_Exercise goal_
Give an exact copy of the line that has "let len = usize::from(u16::from_le_bytes([low, high]));" and of every line below it, through the last, with nothing else.

_Data in this exercise_
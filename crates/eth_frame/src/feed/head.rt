//! The 9 bytes of a feed's record before its frame's bytes, both ways.
ghost use Rattle.std.specs.Prelude.{◌≡◌, IfOk};
ghost use Rattle.std.specs.Result.{result_err};
ghost use Rattle.eth_frame.specs.FeedRecord.{head_bytes, counter_field, marks_field, length_field, has_crc_error, has_frame_error, head_fault, time_in};

use crate::counter::{counter_bytes, counter_of};
use crate::frame::{FrameHead, MAX_FRAME_LEN, MIN_FRAME_LEN};
use crate::source::SourceFault;

/// The number of bytes of a record before the frame's bytes: counter (6), marks (1), length (2).
pub(crate) const HEAD_LEN: usize = 9;

/// The bit of the marks that reports a wrong check sequence.
const CRC_ERROR: u8 = 1;

/// The bit of the marks that reports another fault.
const FRAME_ERROR: u8 = 2;

/// The greatest byte of marks: both bits are set.
pub(crate) const MAX_MARKS: u8 = CRC_ERROR + FRAME_ERROR;

/// The bytes of a head, the lowest byte of each number first.
pub(crate) fn encode_head(head: FrameHead) -> [u8; HEAD_LEN]
    ensures bytes { result
        ≡ head_bytes head.counter head.crc_error head.frame_error head.len }
{
    let [c0, c1, c2, c3, c4, c5] = counter_bytes(head.counter);
    let crc_error = if head.crc_error { CRC_ERROR } else { 0 };
    let frame_error = if head.frame_error { FRAME_ERROR } else { 0 };
    let [low, high] = (head.len as u16).to_le_bytes();
    [c0, c1, c2, c3, c4, c5, crc_error + frame_error, low, high]
}

/// The counter of the time mark that these bytes are: a head with marks 0 and length 0.
pub(crate) fn time_of(bytes: &[u8; HEAD_LEN]) -> Option<u64>
    ensures { result ≡ time_in bytes.now }
{
    let [c0, c1, c2, c3, c4, c5, marks, low, high] = *bytes;
    let len = u16::from_le_bytes([low, high]);
    if len == 0 && marks == 0 {
        Some(counter_of([c0, c1, c2, c3, c4, c5]))
    } else {
        None
    }
}

/// The head of these bytes, or the first fault: the length, then the marks.
pub(crate) fn decode_head(bytes: &[u8; HEAD_LEN]) -> Result<FrameHead, SourceFault>
    // At Ok.
    ensures counter { IfOk result (λ head. head.counter ≡ counter_field bytes.now) }
    ensures crc_error { IfOk result (λ head.
        head.crc_error ≡ has_crc_error (marks_field bytes.now)) }
    ensures frame_error { IfOk result (λ head.
        head.frame_error ≡ has_frame_error (marks_field bytes.now)) }
    ensures len { IfOk result (λ head. head.len ≡ length_field bytes.now) }

    // At a fault.
    ensures fault { result_err result ≡ head_fault bytes.now }
{
    let [c0, c1, c2, c3, c4, c5, marks, low, high] = *bytes;
    let len = usize::from(u16::from_le_bytes([low, high]));
    if len < MIN_FRAME_LEN || len > MAX_FRAME_LEN {
        return Err(SourceFault::Length);
    }
    if marks > MAX_MARKS {
        return Err(SourceFault::Marks);
    }
    Ok(FrameHead {
        counter: counter_of([c0, c1, c2, c3, c4, c5]),
        crc_error: marks & CRC_ERROR != 0,
        frame_error: marks & FRAME_ERROR != 0,
        len,
    })
}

_Response to the exercise_
    let len = usize::from(u16::from_le_bytes([low, high]));
    if len < MIN_FRAME_LEN || len > MAX_FRAME_LEN {
        return Err(SourceFault::Length);
    }
    if marks > MAX_MARKS {
        return Err(SourceFault::Marks);
    }
    Ok(FrameHead {
        counter: counter_of([c0, c1, c2, c3, c4, c5]),
        crc_error: marks & CRC_ERROR != 0,
        frame_error: marks & FRAME_ERROR != 0,
        len,
    })
}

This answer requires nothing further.